Maria era seduta sull’ampio tappeto rosso dai drappeggi dorati, con la schiena appoggiata ai cuscini, intenta a fingere disinteresse, mentre, in realtà, si concentrava sul cinguettio delle cortigiane dall’altro lato della stanza. Aveva scoperto che, due giorni dopo, sarebbero state scortate su un baldacchino fino al castello di Saint Hilarion su ordine del principe Shalim e non aveva nessuna intenzione di lasciarsi sfuggire l’occasione di entrare a palazzo. Se voleva delle risposte, quello era l’unico modo per ottenerle.
 Si tirò in piedi con grazia affettata e raggiunse la porta della stanza. Scostò la tendina che separava l’ambiente dal corridoio e si avviò giù per le scale. Non si sentiva affatto a suo agio nel vestito verde e dorato da odalisca che si era procurata e poteva percepire su di sé gli sguardi lascivi dei primi avventori che cominciavano ad affollare il salone d’ingresso. Aveva già raggiunto l’uscita quando un uomo le si parò davanti sbarrandole la strada.
-Ehi tesoro, dove vai?- chiese con un sorrisino di apprezzamento.
Bastò l’occhiataccia che ricevette di rimando a persuaderlo a farsi da parte. Arretrò di qualche passo con un’espressione a metà tra incuriosita e interdetta e lasciò passare la donna.
Maria percorse la strada a passo svelto e deciso e si inoltrò in un vicoletto laterale. Quando fu abbastanza lontana, gettò uno sguardo al cielo livido. Cominciava ad imbrunire, ma era impossibile scorgere la luna o le stelle oltre la spessa coltre di nubi. Una timida goccia di pioggia le scivolò leggera su una guancia mentre avanzava nella penombra. Non avrebbe saputo dire come, ma si ritrovò a pensare ad Altair. Si chiese dove fosse e cosa stesse facendo prima di scacciare quelle domande con decisione. Per quanti sforzi facesse, il pensiero di lui continuava a raggiungerla per torturarla e lasciarle quell’orribile senso di vuoto nello stomaco e non poteva fare a meno di desiderare di tornare sui propri passi. Si fermò, chiuse gli occhi e tirò un respiro profondo per recuperare la concentrazione, poi si guardò attorno circospetta.
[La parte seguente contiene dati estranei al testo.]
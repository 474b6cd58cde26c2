//! The header of an image.

/// The most junctions that an image may have.
pub(crate) const MOST_JUNCTIONS: u16 = 512;

/// The most records that an image may have.
pub(crate) const MOST_RECORDS: u16 = 8000;

/// The length of the longest image.
pub const IMAGE_LIMIT: usize = 8 + 2 * MOST_JUNCTIONS as usize + 6 * MOST_RECORDS as usize;

/// The edition of the format.
pub(crate) const EDITION: u16 = 1;

/// What the header of an image says.
#[derive(Clone, Copy, PartialEq, Eq, Debug)]
pub struct Header {
    /// n, the number of junctions.
    pub n: u16,
    /// The number of records.
    pub records: u16,
}
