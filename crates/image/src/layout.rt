//! Bytes that are laid out as an image: what its chains are read from.
ghost use Rattle.image.specs.Reading.{Laid};

use crate::header::Header;

/// Bytes with a sound header and the length that it says. They are read in place.
#[derive(Clone, Copy)]
pub(crate) struct Layout<'a> {
    pub(crate) bytes: &'a [u8],
    pub(crate) header: Header,
    ghost laid: { Laid bytes.now header },
}
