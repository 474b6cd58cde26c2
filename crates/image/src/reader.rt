//! Reading an image.
ghost use Rattle.std.specs.Prelude.{◌≡◌, IfOk};
ghost use Rattle.std.specs.Result.{result_map_both};
ghost use Rattle.plan.specs.Refusals.{heard};
ghost use Rattle.image.specs.Reading.{read_verdict, HeaderOf, HeaderRead, RecordEnds};

use crate::fields::{number, read};
use crate::header::{EDITION, Header, MOST_JUNCTIONS, MOST_RECORDS};
use crate::layout::Layout;
use crate::record::{Record, record_start};
use plan::{Junction, Refusal};
use std::num::NonZeroU16;

/// The layout of the bytes, where the fields of the header are in their ranges and the length is the
/// one that it says. Turned down by 4, 5, 4 else.
fn read_header(bytes: &[u8]) -> Result<Layout<'_>, Refusal>
    ensures bytes { IfOk result (λ image. image.bytes.now ≡ bytes.now) }
    ensures header { HeaderRead bytes.now (result_map_both (λ image. image.header) (λ refusal. refusal) result) }
{
    let [
        n_low,
        n_high,
        r_low,
        r_high,
        edition_low,
        edition_high,
        zero_low,
        zero_high,
        rest @ ..,
    ] = bytes
    else {
        return Err(Refusal::ImageLength);
    };
    let n = number(*n_low, *n_high);
    let records = number(*r_low, *r_high);
    let edition = number(*edition_low, *edition_high);
    let zero = number(*zero_low, *zero_high);
    if n == 0 || n > MOST_JUNCTIONS || records > MOST_RECORDS || edition != EDITION || zero != 0 {
        return Err(Refusal::ImageHeader);
    }
    if rest.len() != 2 * usize::from(n) + 6 * usize::from(records) {
        return Err(Refusal::ImageLength);
    }
    Ok(Layout {
        bytes,
        header: Header { n, records },
    })
}

/// The header of a sound image. Turned down by 4 under 8 bytes, 5 where a field of the header is
/// out of its range, 4 where the length is another than the header says, and 6 where a chain is
/// faulty or a record is in none, in this order.
pub fn check(bytes: &[u8]) -> Result<Header, Refusal>
    ensures says { heard result ≡ read_verdict bytes.now }
    ensures header { HeaderOf bytes.now result }
{
    let image = read_header(bytes)?;
    image.check_chains()?;
    Ok(image.header)
}

/// The near and the far end of the record of index i, counted from 1, or `None` where the bytes end
/// before it. A sound image has one for each index up to its number of records.
pub fn record_ends(bytes: &[u8], i: u16) -> Option<(Junction, Junction)>
    ensures { RecordEnds bytes.now i result }
{
    let i = NonZeroU16::new(i)?;
    if bytes.len() < 8 {
        return None;
    }
    let at = record_start(read(bytes, 0), i);
    if bytes.len() < at + 6 {
        return None;
    }
    let record = Record::read(bytes, at);
    Some((record.near, record.far))
}
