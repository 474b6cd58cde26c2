//! A walk along a chain of a sound image.
ghost use Rattle.std.specs.Prelude.{◌≡◌, ◌≤◌, true};
ghost use Rattle.image.specs.Images.{image_of};
ghost use Rattle.image.specs.Reading.{is_sound};
ghost use Rattle.image.specs.Records.{index_field};

use crate::layout::Layout;
use std::num::NonZeroU16;

/// The far ends of the records from index `at` on, to the end of the chain. It asks of no record
/// whether it may follow, as the walk that checks an image does: in a sound image each may.
#[derive(Drop)]
pub(crate) struct SoundChain<'a> {
    pub(crate) image: Layout<'a>,
    pub(crate) at: Option<NonZeroU16>,
    ghost sound: { is_sound image.bytes.now ≡ true },
    ghost inside: { index_field at ≤ (image_of image.bytes.now).records },
}
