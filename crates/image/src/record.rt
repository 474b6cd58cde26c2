//! The records of an image.
ghost use Rattle.std.specs.Prelude.{◌≡◌, ◌+◌, ◌≤◌, length};
ghost use Rattle.std.specs.NonZero.{non_zero_u16_get};
ghost use Rattle.image.specs.Images.{field, record_at};
ghost use Rattle.image.specs.Records.{index_field};

use crate::fields::read;
use plan::Junction;
use std::num::NonZeroU16;

/// A record of an image.
#[derive(Clone, Copy)]
pub(crate) struct Record {
    pub(crate) near: Junction,
    pub(crate) far: Junction,
    /// The index of the next record of its chain, if any.
    pub(crate) next: Option<NonZeroU16>,
}

impl Record {
    /// The record whose six bytes begin at index `at`.
    pub(crate) fn read(bytes: &[u8], at: usize) -> Record
        requires { at + 6 ≤ length bytes.now }
        ensures near { result.near.0 ≡ field bytes.now at }
        ensures far { result.far.0 ≡ field bytes.now (at + 2) }
        ensures next { index_field result.next ≡ field bytes.now (at + 4) }
    {
        Record {
            near: Junction(read(bytes, at)),
            far: Junction(read(bytes, at + 2)),
            next: NonZeroU16::new(read(bytes, at + 4)),
        }
    }
}

/// Where the record of index i begins in an image of n junctions.
pub(crate) fn record_start(n: u16, i: NonZeroU16) -> usize
    ensures { result ≡ record_at n (non_zero_u16_get i) }
{
    8 + 2 * usize::from(n) + 6 * (usize::from(i.get()) - 1)
}
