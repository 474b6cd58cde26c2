use crate::{CheckedImage, Header, check as check_image, write};
use plan::{Junction, ReadablePlan, Refusal};
use std::test::Fail;

/// The ring of four junctions.
const RING: &[u8; 40] =
    b"\x04\0\x04\0\x01\0\0\0\x01\0\x03\0\x04\0\0\0\x01\0\x02\0\x02\0\x01\0\x04\0\0\0\x02\0\x03\0\0\0\x03\0\x04\0\0\0";

#[test]
fn reads_the_ring(rt: HostRuntime) -> Result<(), Fail> {
    let image = ring(&rt)?;
    assert_eq!(rt; image.size(), 4);
    assert_eq!(rt; image.records(), 4);
    assert!(rt; image.joined(Junction(4), Junction(1)));
    assert!(rt; !image.joined(Junction(1), Junction(3)));
    assert_eq!(rt; image.next(Junction(4), Junction(0)), Some(Junction(1)));
    assert_eq!(rt; image.next(Junction(4), Junction(1)), Some(Junction(3)));
    assert_eq!(rt; image.next(Junction(4), Junction(3)), None);
    assert_eq!(rt; image.next(Junction(2), Junction(0)), Some(Junction(1)));
    assert_eq!(rt; image.next(Junction(2), Junction(1)), Some(Junction(3)));
    Ok(())
}

#[test]
fn writes_what_it_reads(rt: HostRuntime) -> Result<(), Fail> {
    let image = ring(&rt)?;
    let mut out = [7; 41];
    assert_eq!(rt; write(&image, &mut out), Ok(40));
    assert!(rt; out.starts_with(RING));
    assert_eq!(rt; out[40], 7);
    Ok(())
}

#[test]
fn turns_down(rt: HostRuntime) {
    let mut bytes = *RING;
    assert_eq!(rt; check_image(&bytes), Ok(Header { n: 4, records: 4 }));
    assert_eq!(rt; check_image(&bytes[..39]), Err(Refusal::ImageLength));
    assert_eq!(rt; check_image(&bytes[..7]), Err(Refusal::ImageLength));
    bytes[6] = 1;
    assert_eq!(rt; check_image(&bytes), Err(Refusal::ImageHeader));
    bytes[6] = 0;
    bytes[10] = 4;
    assert_eq!(rt; check_image(&bytes), Err(Refusal::ChainFault(Junction(2))));
}

/// The ring as a checked image.
fn ring(rt: &HostRuntime) -> Result<CheckedImage, Fail> {
    let image = CheckedImage::new(RING.to_vec(rt.alloc())?);
    Ok(image.map_err(|turned_down| turned_down.refusal)?)
}
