//! A checked image: bytes that are known to be a sound image.

mod making;
mod reading;

ghost use Rattle.std.specs.Prelude.{◌≡◌, true};
ghost use Rattle.image.specs.Images.{image_of};
ghost use Rattle.image.specs.Reading.{is_sound};

use crate::header::Header;

/// A sound image over bytes of its own. It is read in place: nothing is unpacked.
#[derive(Drop)]
pub struct CheckedImage {
    header: Header,
    bytes: Vec<u8>,
    ghost sound: { is_sound bytes.items ≡ true },
    ghost size: { header.n ≡ (image_of (bytes.items)).size },
    ghost count: { header.records ≡ (image_of (bytes.items)).records },
}
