//! The image of a plan: reading one, and writing one.

#![tactic(auto)]

mod chains;
mod checked;
mod fields;
mod header;
mod laws;
mod layout;
mod reader;
mod record;
mod sound_chain;
#[cfg(test)]
mod tests;
mod writer;

pub use checked::CheckedImage;
pub use header::{Header, IMAGE_LIMIT};
pub use laws::{image_laws, round_trips, worked_images};
pub use reader::{check, record_ends};
pub use writer::write;
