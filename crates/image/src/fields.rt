//! The fields of an image: 16 bits each, low byte first.
ghost use Rattle.std.specs.Prelude.{◌≡◌, ◌+◌, ◌*◌, ◌<◌, [], ◌∷◌, length};
ghost use Rattle.image.specs.Images.{bytes_of, field};

/// The field of these two bytes.
pub(crate) fn number(low: u8, high: u8) -> u16
    ensures { result ≡ low + 256 * high }
{
    u16::from_le_bytes([low, high])
}

/// The field whose low byte stands at index `at`.
pub(crate) fn read(bytes: &[u8], at: usize) -> u16
    requires { at + 1 < length bytes.now }
    ensures { result ≡ field bytes.now at }
{
    number(bytes[at], bytes[at + 1])
}

/// Writes a field into its two bytes.
pub(crate) fn put(part: &mut [u8], x: u16)
    requires { length part.old ≡ 2 }
    ensures { part.new ≡ bytes_of (x ∷ []) }
{
    part.copy_from_slice(&x.to_le_bytes());
}

/// Writes fields into their stretch, one behind another.
pub(crate) fn put_all(part: &mut [u8], fields: &[u16])
    requires { length part.old ≡ 2 * length fields.now }
    ensures { part.new ≡ bytes_of fields.now }
{
    // By index: of chunks that were lent a proof knows the length alone afterwards.
    for (i, x) in fields.iter().enumerate() {
        put(&mut part[2 * i..2 * i + 2], *x);
    }
}
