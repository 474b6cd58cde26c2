//! Writing the image of a plan.
ghost use Rattle.std.specs.Prelude.{◌≡◌, ◌+◌, ◌-◌, ◌*◌, ◌≤◌, [], ◌∷◌, length};
ghost use Rattle.image.specs.Images.{bytes_of};
ghost use Rattle.image.specs.Writing.{chain_to, heads, pipes_to, records_to, uppers, Writing};

use crate::fields::{put, put_all};
use crate::header::{EDITION, MOST_RECORDS};
use plan::{Junction, ReadablePlan, Refusal, neighbours_above};

/// How many neighbours of v are above it.
fn upper_count<P: ReadablePlan>(plan: &P, v: Junction) -> usize
    requires { v.0 ≤ (P.ReadablePlan.meaning plan.now).size }
    ensures { result ≡ uppers (P.ReadablePlan.meaning plan.now) v.0 (P.ReadablePlan.meaning plan.now).size }
{
    neighbours_above(plan, v, v).count()
}

/// How many pipes the plan has.
fn pipe_count<P: ReadablePlan>(plan: &P) -> usize
    ensures { result ≡ pipes_to (P.ReadablePlan.meaning plan.now) (P.ReadablePlan.meaning plan.now).size }
{
    // By their lower ends, as the records are written, and not by `plan::pipes`, which counts by the
    // higher: for a lower neighbour a checked image goes through one chain after another.
    let mut found = 0;
    for v in 1..plan.size() + 1 {
        found += upper_count(plan, Junction(v));
    }
    found
}

/// Writes the heads into their stretch, one field for each junction.
fn write_heads<P: ReadablePlan>(plan: &P, part: &mut [u8])
    requires long { length part.old ≡ 2 * (P.ReadablePlan.meaning plan.now).size }
    requires few { pipes_to (P.ReadablePlan.meaning plan.now) (P.ReadablePlan.meaning plan.now).size ≤ 8000 }
    ensures { part.new ≡ bytes_of (heads (P.ReadablePlan.meaning plan.now) (P.ReadablePlan.meaning plan.now).size) }
{
    let mut before = 0;
    for v in 1..plan.size() + 1 {
        let v = Junction(v);
        let found = upper_count(plan, v);
        // A junction without records has the head 0.
        let head = if found == 0 { 0 } else { before as u16 + 1 };
        let at = 2 * v.index();
        // By index: of chunks that were lent a proof knows the length alone afterwards.
        put(&mut part[at..at + 2], head);
        before += found;
    }
}

/// Writes the chain of v into its stretch, behind `before` records of lower junctions.
fn write_chain<P: ReadablePlan>(plan: &P, v: Junction, before: usize, part: &mut [u8])
    requires inside { (1 ≤ v.0) × (v.0 ≤ (P.ReadablePlan.meaning plan.now).size) }
    requires before { before ≡ pipes_to (P.ReadablePlan.meaning plan.now) (v.0 - 1) }
    requires few { before ≤ 8000 }
    requires long { length part.old ≡ 6 * uppers (P.ReadablePlan.meaning plan.now) v.0 (P.ReadablePlan.meaning plan.now).size }
    ensures { part.new ≡ bytes_of (chain_to (P.ReadablePlan.meaning plan.now) v.0 (P.ReadablePlan.meaning plan.now).size) }
{
    for (k, w) in neighbours_above(plan, v, v).enumerate() {
        let at = 6 * k;
        let end = at + 6;
        // The last record of a chain has the link 0.
        let next = if end < part.len() {
            (before + k) as u16 + 2
        } else {
            0
        };
        put_all(&mut part[at..end], &[v.0, w.0, next]);
    }
}

/// Writes the records into their stretch, the chains in the order of their junctions.
fn write_records<P: ReadablePlan>(plan: &P, part: &mut [u8])
    requires long { length part.old ≡ 6 * pipes_to (P.ReadablePlan.meaning plan.now) (P.ReadablePlan.meaning plan.now).size }
    requires few { pipes_to (P.ReadablePlan.meaning plan.now) (P.ReadablePlan.meaning plan.now).size ≤ 8000 }
    ensures { part.new ≡ bytes_of (records_to (P.ReadablePlan.meaning plan.now) (P.ReadablePlan.meaning plan.now).size) }
{
    let mut before = 0;
    for v in 1..plan.size() + 1 {
        let v = Junction(v);
        let after = before + upper_count(plan, v);
        write_chain(plan, v, before, &mut part[6 * before..6 * after]);
        before = after;
    }
}

/// Writes the image of the plan to the front of `out` and answers its length; the bytes behind it
/// stay. Turned down by 19 where the plan has more than 8,000 pipes, then by 8 where `out` is too
/// short, and then no byte is changed.
pub fn write<P: ReadablePlan>(plan: &P, out: &mut [u8]) -> Result<usize, Refusal>
    ensures { Writing (P.ReadablePlan.meaning plan.now) out.old result out.new }
{
    let n = plan.size();
    let records = pipe_count(plan);
    if records > usize::from(MOST_RECORDS) {
        return Err(Refusal::TooManyPipes);
    }
    let first = 8 + 2 * usize::from(n);
    let long = first + 6 * records;
    if out.len() < long {
        return Err(Refusal::ShortMemory);
    }
    put_all(&mut out[0..8], &[n, records as u16, EDITION, 0]);
    write_heads(plan, &mut out[8..first]);
    write_records(plan, &mut out[first..long]);
    Ok(long)
}
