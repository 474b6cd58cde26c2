//! What holds of every sound image and of every image that is written, and small images whose
//! verdicts follow from the definitions alone.
ghost use Rattle.std.specs.Prelude.{◌≡◌};
ghost use Rattle.image.specs.Laws.{ImageLaws};
ghost use Rattle.image.specs.Worked.{WorkedImages};
ghost use Rattle.image.specs.Writing.{RoundTrips, RecordsRise};

/// In a sound image every record is in exactly one chain, that of its near end; no two records
/// have the same ends; two junctions are joined exactly where some record has them as its ends. An
/// image with a record that no chain reaches is not sound, whatever its number of records. That is
/// what the contract says. Answers 0.
pub fn image_laws() -> u8
    ensures value { result ≡ 0 }
    ensures laws { ImageLaws }
{
    0
}

/// What is written for a plan of at most 8,000 pipes is a sound image, and stands for the plan with
/// the same junctions, all in service, and the same pipes. Its records stand in rising order of
/// near end, then far end. That is what the contract says. Answers 0.
pub fn round_trips() -> u8
    ensures value { result ≡ 0 }
    ensures trips { RoundTrips }
    ensures rise { RecordsRise }
{
    0
}

/// The image of the ring of four junctions, with one byte more, and with a fifth record in no
/// chain. That is what the contract says. Answers 0.
pub fn worked_images() -> u8
    ensures value { result ≡ 0 }
    ensures worked { WorkedImages }
{
    0
}
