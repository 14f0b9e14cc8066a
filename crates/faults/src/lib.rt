// What a call of the chain refuses by: which rule was broken, the place where it was found, and the layer that found it.
#![tactic(auto)]

ghost use Rattle.std.specs.Prelude.{◌≡◌, Some};
ghost use Rattle.faults.specs.Refusals.{numbered, sentence, named, fault, described};

use std::error::Error;
use std::fmt;

// The refusals, numbered from 1 in the order in which a call checks.
#[derive(Clone, Copy, PartialEq, Eq, Debug)]
pub enum FaultKind {
    // The costs or the survivor words are too few.
    ShortMemory = 1,
    // A block comes to a full frame.
    FullFrame,
    // A close comes before the last block.
    EarlyClose,
    // A PSDU to be sent has fewer than 4 or more than 2047 octets.
    PsduLength,
    // The PSDU buffer is shorter than the frame's PSDU.
    ShortBuffer,
    // A slice of chips has the wrong length.
    ChipCount,
    // A chip is neither 0 nor 1.
    ChipValue,
    // A value to be spread has more bits than a group.
    GroupValue,
    // The SFD is that of multiplexed DSSS.
    MultiplexedSfd,
    // The SFD is neither of the two.
    UnknownSfd,
    // A parity bit of the PHR is wrong.
    Parity,
    // The band lacks the rate mode.
    RateMode,
    // The header's length is out of range.
    FrameLength,
    // The settings of a capture are wrong.
    Settings,
    // A section of a capture has the wrong size, or the capture ends inside it.
    Section,
    // The frame is longer than the bench takes.
    BenchLength,
}

// Who found a fault.
#[derive(Clone, Copy, PartialEq, Eq, Debug)]
pub enum Layer {
    Line,
    Header,
    Frame,
    Bench,
}

// A refusal: which, where, and by whom. An upper layer passes it on whole.
#[derive(Clone, Copy, PartialEq, Eq, Debug)]
pub struct Fault {
    pub kind: FaultKind,
    pub place: usize,
    pub layer: Layer,
}

impl FaultKind {
    // The number of the refusal, from 1 to 16. A call and no `From`, as the rules speak of a number.
    pub fn number(self) -> u8
        ensures { result ≡ numbered self }
    {
        self as u8
    }

    // What is wrong, in words. By a match, as a derived `Display` would print the same and promise nothing of it.
    fn text(self) -> &'static str
        ensures { result.now ≡ sentence self }
    {
        match self {
            FaultKind::ShortMemory => "too few costs or survivor words",
            FaultKind::FullFrame => "the frame has all its blocks",
            FaultKind::EarlyClose => "the frame still lacks blocks",
            FaultKind::PsduLength => "a PSDU has 4 to 2047 octets",
            FaultKind::ShortBuffer => "the PSDU does not fit the buffer",
            FaultKind::ChipCount => "wrong number of chips",
            FaultKind::ChipValue => "a chip is neither 0 nor 1",
            FaultKind::GroupValue => "the value has more bits than a group",
            FaultKind::MultiplexedSfd => "the SFD announces M-DSSS",
            FaultKind::UnknownSfd => "the octet is no SFD",
            FaultKind::Parity => "a parity bit of the PHR is wrong",
            FaultKind::RateMode => "the band lacks the rate mode",
            FaultKind::FrameLength => "the header's length is out of range",
            FaultKind::Settings => "the capture's settings are wrong",
            FaultKind::Section => "a section of the capture has the wrong size",
            FaultKind::BenchLength => "the bench takes at most 255 octets",
        }
    }
}

impl Layer {
    // A refusal that this layer found.
    pub fn refusal(self, kind: FaultKind, place: usize) -> Fault
        ensures answer { result ≡ fault kind place self }
    {
        Fault {
            kind,
            place,
            layer: self,
        }
    }

    // By a match too: a `Display` would be this match with a formatter around it.
    pub fn name(self) -> &'static str
        ensures { result.now ≡ named self }
    {
        match self {
            Layer::Line => "line",
            Layer::Header => "header",
            Layer::Frame => "frame",
            Layer::Bench => "bench",
        }
    }
}

// One sentence, as "refusal 7 at 12 (line): a chip is neither 0 nor 1".
impl fmt::Display for Fault {
    ghost output = { λ x. Some (described x) };

    fn fmt<W: fmt::Write>(&self, f: &mut fmt::Formatter<W>) -> fmt::Result {
        let number = self.kind.number();
        let place = self.place;
        let layer = self.layer.name();
        let text = self.kind.text();
        write!(f, "refusal {number} at {place} ({layer}): {text}")
    }
}

impl Error for Fault {}
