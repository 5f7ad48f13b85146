//! The laws of blocks and of the block due. Each function is its contract.
ghost use Rattle.reg_blocks.specs.Laws.{PrefixBitsDecide, ReadingIsExact, AddressesRunFromFirstToLast, AddressesHave48Bits, EndsDecideClash, OrderTellsBlocksApart, SortedBlocksAscend, TextReadsBack, OneBlockIsDue, TrialFindsTheBlockDue};

/// A size is the number of bits that a prefix fixes: 24, 28 or 36 of 48.
pub fn prefix_bits_decide()
    ensures { PrefixBitsDecide }
{}

/// The addresses of a block are those from its first to its last.
pub fn addresses_run_from_first_to_last()
    ensures { AddressesRunFromFirstToLast }
{}

/// The addresses of a block are numbers of 48 bits.
pub fn addresses_have_48_bits()
    ensures { AddressesHave48Bits }
{}

/// The test on the ends of two blocks decides whether they share an address.
pub fn ends_decide_clash()
    ensures { EndsDecideClash }
{}

/// The order of blocks tells any two apart.
pub fn order_tells_blocks_apart()
    ensures { OrderTellsBlocksApart }
{}

/// Sorted blocks ascend by first address, as the search for the block due asks.
pub fn sorted_blocks_ascend()
    ensures { SortedBlocksAscend }
{}

/// Digits read as a block exactly where they write its prefix: 6, 7 or 9 of them, with both bits
/// zero.
pub fn reading_is_exact()
    ensures { ReadingIsExact }
{}

/// The text of a block reads as that block.
pub fn text_reads_back()
    ensures { TextReadsBack }
{}

/// No two blocks are due.
pub fn one_block_is_due()
    ensures { OneBlockIsDue }
{}

/// Trial of each block in order finds the block due, and none only where none is free.
pub fn trial_finds_the_block_due()
    ensures { TrialFindsTheBlockDue }
{}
Nello stesso istante in cui si accorse di non essere sola, si sentì strattonare per un braccio. Scrutò nell’ombra il volto del suo assalitore. Lo stesso uomo che aveva incrociato qualche minuto prima la teneva schiacciata con la schiena contro il muro contorcendole il braccio. Lo sentì ridere, con un forte odore di alcol, il viso ad un centimetro dal suo. Come diavolo aveva fatto a non accorgersi di essere seguita?
-Allora dov’è che vai?- le chiese lui con un ghigno, palesemente ubriaco.
Provò a divincolarsi con tutte le sue forze mentre, nel contempo, portava una mano ad estrarre il pugnale che aveva assicurato, ben nascosto, nella fascia della gonna, dietro la schiena.
Era appena risuscita a stringere tra le dita il manico intarsiato dell’arma quando il peso sul suo corpo si dissolse.
Fece leva sui palmi delle mani per raddrizzarsi e sgranò gli occhi nel vedere Altair che teneva l’uomo sollevato da terra per il bavero della camicia. Pensò che doveva avergli fatto battere la testa contro il muro perché la ciondolava con aria intontita e terrorizzata al tempo stesso.
L’Assassino lasciò di botto la presa e l’uomo scivolò penosamente con la schiena lungo la parete fino a ritrovarsi seduto a terra.
-Ti conviene andartene, finchè sei in tempo.- disse Altair con un tono così terrificante che persino lei sentì un brivido gelido correrle lungo la schiena. Come se la morte in persona reclamasse un’altra vittima.
Non aveva neanche fatto in tempo a riacquistare la lucidità che già l’uomo che l’aveva aggredita era balzato goffamente in piedi per darsela a gambe.
Portò lo sguardo su Altair e si sentì combattuta. Non sapeva bene se avrebbe dovuto prendersela per la sua intromissione o ringraziarlo.
-Che diavolo stai facendo!?- le chiese lui mentre la fissava nell’evidente sforzo di mantenere la calma.
 –Che diavolo stai facendo tu!-  esclamò piccata sollevando gli occhi al cielo.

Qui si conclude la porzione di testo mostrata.